==== Supplied data
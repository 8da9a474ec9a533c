ghost use Rattle.std.specs.Prelude.{◌↔◌, ◌≤◌, ℕ, List, Option, map};
ghost use Rattle.std.specs.List.{AllByRecursion};
ghost use Rattle.dd_model.specs.Request.{IsValid};
ghost use Rattle.dd_model.specs.Symbol.{Symbol};
ghost use Rattle.dd_model.specs.Text.{IsText, beginning};
ghost use Rattle.dd_model.specs.declared.jobs.Job.{Job};
ghost use Rattle.dd_model.specs.declared.requests.Request.{Request};
ghost use Rattle.dd_front_jobs.specs.Opening.{IsOpening};
ghost use Rattle.dd_front_jobs.specs.declared.shards.Shard.{Shard};
ghost use Rattle.dd_front_jobs.specs.declared.portions.Portion.{Portion};
ghost use Rattle.dd_front_jobs.specs.Portions.{IsPortionText};
ghost use Rattle.dd_check.specs.Calls.{Done, Paused};
ghost use Rattle.dd_check.specs.Chains.{IsChain, HasBegun, EndsAs, IsJoined, held_after};
ghost use Rattle.dd_check.specs.Clauses.{MeetsClauses};
ghost use Rattle.dd_check.specs.ChainOutcomes.{IsCutAt};
ghost use Rattle.dd_shard.specs.ShardLists.{AreAllShards};
ghost use Rattle.dd_suite_commands.specs.Merges.{AreRead, IsMergedText, IsMergeRefusal};
ghost use Rattle.dd_suite_commands.specs.declared.merge_refusal.MergeRefusal.{MergeRefusal};
ghost use Rattle.dd_suite.specs.Chains.{ProgramCall, IsProgramCall, call_of};
ghost use Rattle.dd_suite.specs.ShardChains.{AreMadeByCalls};

/// What the program does with words of a run, over a store and a sink of which it is known what
/// they hold, is what a chain asks of its calls.
pub fn a_call_of_the_program_meets_the_clauses()
    ensures { (p : ProgramCall) → IsProgramCall p → MeetsClauses (call_of p) }
{}

/// Let a chain of calls of the program have begun, and let its last call have come to its end. Then
/// the calls have written the whole text of their portion together, whatever stopped the calls
/// before. The portion is the catalogue or the shard.
pub fn a_finished_chain_of_calls_writes_its_text()
    ensures { (p : Portion) (name : Option (List ℕ)) (calls : List ProgramCall)
        → (bytes : List ℕ) → AllByRecursion IsProgramCall calls
        → IsChain p name (map call_of calls) → HasBegun (map call_of calls)
        → EndsAs (map call_of calls) Done → IsJoined (map call_of calls) bytes
        → IsPortionText p beginning 0 bytes }
{}

/// If a chain of calls of the program has begun and its last call paused, the calls have written
/// the first lines together. The checkpoint says how many lines these are.
pub fn a_paused_chain_of_calls_writes_the_first_lines()
    ensures { (p : Portion) (name : Option (List ℕ)) (calls : List ProgramCall)
        → (bytes : List ℕ) → AllByRecursion IsProgramCall calls
        → IsChain p name (map call_of calls) → HasBegun (map call_of calls)
        → EndsAs (map call_of calls) Paused → IsJoined (map call_of calls) bytes
        → IsCutAt p (held_after (map call_of calls)) bytes }
{}

/// Let finished chains of calls have made the shards 1 to `count`, and let what they wrote together
/// be files. Then a merge of these files, in any order, is not refused, and its text is that of the
/// catalogue.
pub fn finished_chains_of_all_shards_merge_to_the_catalogue()
    ensures refused { (q : Request) (count : ℕ) (shards : List Shard) (files : List (List ℕ))
        (lists : List (List Symbol)) → IsValid q → AreAllShards count shards
        → AreMadeByCalls q shards files → AreRead files lists
        → (r : MergeRefusal) → IsMergeRefusal files r → ⊥ }
    ensures text { (q : Request) (opening : List Job) (count : ℕ) (shards : List Shard)
        (files : List (List ℕ)) (lists : List (List Symbol)) → IsValid q → IsOpening q opening
        → 1 ≤ count → count ≤ 8 → AreAllShards count shards → AreMadeByCalls q shards files
        → AreRead files lists
        → (text : List ℕ) → IsMergedText files text ↔ IsText q beginning 0 text }
{}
========
• The task: Report every line of the data above that contains the string "Request" by copying it in full.

• Final answer:
ghost use Rattle.dd_model.specs.Request.{IsValid};
ghost use Rattle.dd_model.specs.declared.requests.Request.{Request};
    ensures refused { (q : Request) (count : ℕ) (shards : List Shard) (files : List (List ℕ))
    ensures text { (q : Request) (opening : List Job) (count : ℕ) (shards : List Shard)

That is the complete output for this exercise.